Is there an intermediate ethical domain, suitable for machines?
The thought is prompted by this summary of an interesting seminar on Engineering Moral Agents, one of the ongoing series hosted at Schloss Dagstuhl. It seems to have been an exceptionally good session which got into some of the issues in a really useful way – practically oriented but not philosophical naive. It noted the growing need to make autonomous robots – self-driving cars, drones, and so on – able to deal with ethical issues. On the one hand it looked at how ethical theories could be formalised in a way that would lend itself to machine implantation, and on the other how such a formalisation could in fact be implemented. It identified two broad approaches: top-down, where in essence you hard-wire suitable rules into the machine, and bottom-up, where the machine learns for itself from suitable examples. The approaches are not necessarily exclusive, of course.
The seminar thought that utilitarian or Kantian theories of morality were both prima facie candidates for formalisation. Utilitarian or more broadly, consequentialist theories look particularly promising because calculating the optimal value (such as the greatest happiness of the greatest number) achievable from the range of alternatives on offer looks like something that can be reduced to arithmetic fairly straightforwardly. There are problems in that consequentialist theories usually yield at least some results that look questionable in common sense terms (finding the initial values to slot into your sums is also a non-trivial challenge – how do you put a clear numerical value on people’s probable future happiness?)
A learning system eases several of these problems. You don’t need a fully formalised system (so long as you can agree on a database of examples). But you face the same problems that arise for learning systems in other contexts; you can’t have the assurance of knowing why the machine behaves as it does, and if your database had unnoticed gaps or bias you may suffer from sudden catastrophic mistakes. The seminar summary rightly notes that a machine that learned its ethics will not be able to explain its behaviour; but I don’t know that that means it lacks agency; many humans would struggle to explain their moral decisions in a way that would pass muster philosophically. Most of us could do no more than point to harms avoided or social rules observed at best.

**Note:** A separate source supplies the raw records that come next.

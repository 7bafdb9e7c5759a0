// A script, for a host that hands over a whole one.
ghost use Rattle.std.specs.Prelude.{◌≡◌, length};
ghost use Rattle.console.specs.Play.{at_start};
ghost use Rattle.console.specs.Parts.{script_part, over};
ghost use Rattle.layout.specs.Outcome.{floats_after, numbers_after};
ghost use Rattle.peatcloak.specs.Calls.{Stands};
ghost use Rattle.peatcloak.specs.Playing.{play_rows, play_table_on};
ghost use Rattle.refusals.specs.Rows.{judge};

use crate::outcomes;
use console::{ending, play};
use layout::places;
use refusals::{AddedError, Refusal, refuse_if};
use table::GameState;

// What it prints from its start on, as many lines as the buffer is sure to hold: the bytes that were laid.
#[unsafe(no_mangle)]
pub extern "C" fn peatcloak_play(script: &[u8], out: &mut [u8]) -> usize
    ensures value { result ≡ length (script_part script.now 0 at_start (length out.old)).bytes }
    ensures out_after { out.new ≡ over (script_part script.now 0 at_start (length out.old)).bytes out.old }
{
    let p = play::play_script(script, 0, play::start(), out);
    p.len
}

// The refusals of lists and a script of these lengths, from the first row to the last: whether a table stands at its end comes last.
fn verdict(floats: usize, numbers: usize, script: usize, stands: bool) -> Result<(), Refusal>
    ensures { result ≡ judge (play_rows floats numbers script stands) }
{
    let room = (places::FLOATS <= floats) & (places::NUMBERS <= numbers);
    refuse_if(!room, Refusal::Added(AddedError::BadRecord))?;
    refuse_if(
        !(script <= 65536),
        Refusal::Added(AddedError::ScriptTooLong),
    )?;
    refuse_if(!stands, Refusal::Added(AddedError::BadLine))
}

// The table that it leads to, laid into the lists: 19, 26, and 25 where no table stands at its end.
#[unsafe(no_mangle)]
pub extern "C" fn peatcloak_play_table(
    floats: &mut [f32],
    numbers: &mut [u32],
    script: &[u8],
) -> u32
    ensures value { result ≡ (play_table_on floats.old numbers.old script.now).number }
    ensures floats_after { floats.new ≡ floats_after (length numbers.old) (play_table_on floats.old numbers.old script.now) floats.old }
    ensures numbers_after { numbers.new ≡ numbers_after (length floats.old) (play_table_on floats.old numbers.old script.now) numbers.old }
    ensures stands { Stands result floats.new numbers.new (play_table_on floats.old numbers.old script.now) }
{
    let table = ending::end_of(script).table;
    let verdict = verdict(floats.len(), numbers.len(), script.len(), table.is_some());
    outcomes::lay_verdict(floats, numbers, verdict, table.unwrap_or(GameState::none()))
}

The seminar looked at some interesting approaches, mentioned here with tantalising brevity: Horty’s default logic, Sergot’s STIT (See To It That) logic; and the possibility of drawing on the decision theory already developed in the context of micro-economics. This is consequentialist in character and there was an examination of whether in fact all ethical theories can be restated in consequentialist terms (yes, apparently, but only if you’re prepared to stretch the idea of a consequence to a point where the idea becomes vacuous). ‘Reason-based’ formalisations presented by List and Dietrich interestingly get away from narrow consequentialisms and their problems using a rightness function which can accommodate various factors.
The seminar noted that society will demand high, perhaps precautionary standards of safety from machines, and floated the idea of an ethical ‘black box’ recorder. It noted the problem of cultural neutrality and the risk of malicious hacking. It made the important point that human beings do not enjoy complete ethical agreement anyway, but argue vigorously about real issues.
The thing that struck me was how far it was possible to go in discussing morality when it is pretty clear that the self-driving cars and so on under discussion actually have no moral agency whatever. Some words of caution are in order here. Some people think moral agency is a delusion anyway; some maintain that on the contrary, relatively simple machines can have it. But I think for the sake of argument we can assume that humans are moral beings, and that none of the machines we’re currently discussing is even a candidate for moral agency – though future machines with human-style general understanding may be.
The thing is that successful robots currently deal with limited domains. A self-driving car can cope with an array of entities like road, speed, obstacle, and so on; it does not and could not have the unfettered real-world understanding of all the concepts it would need to make general ethical decisions about, for example, what risks and sacrifices might be right when it comes to actual human lives. Even Asimov’s apparently simple Laws of Robotics required robots to understand and recognise correctly and appropriately the difficult concept of ‘harm’ to a human being.
One way of squaring this circle might be to say that, yes, actually, any robot which is expected to operate with any degree of autonomy must be given a human-level understanding of the world. As I’ve noted before, this might actually be one of the stronger arguments for developing human-style artificial general intelligence in the first place.
But it seems wasteful to bestow consciousness on a roomba, both in terms of pure expense and in terms of the chronic boredom the poor thing would endure (is it theoretically possible to have consciousness without the capacity for boredom?). So really the problem that faces us is one of making simple robots, that operate on restricted domains, able to deal adequately with occasional issues from the unrestricted domain of reality. Now clearly ‘adequate’ is an important word there. I believe that in order to make robots that operate acceptably in domains they cannot understand, we’re going to need systems that are conservative and tend towards inaction. We would not, I think, accept a long trail of offensive and dangerous behaviour in exchange for a rare life-saving intervention. This suggests rules rather than learning; a set of rules that allow a moron to behave acceptably without understanding what is going on.
Do these rules constitute a separate ethical realm, a ‘sub-ethics’ that substitute for morality when dealing with entities that have autonomy but no agency? I rather think they might.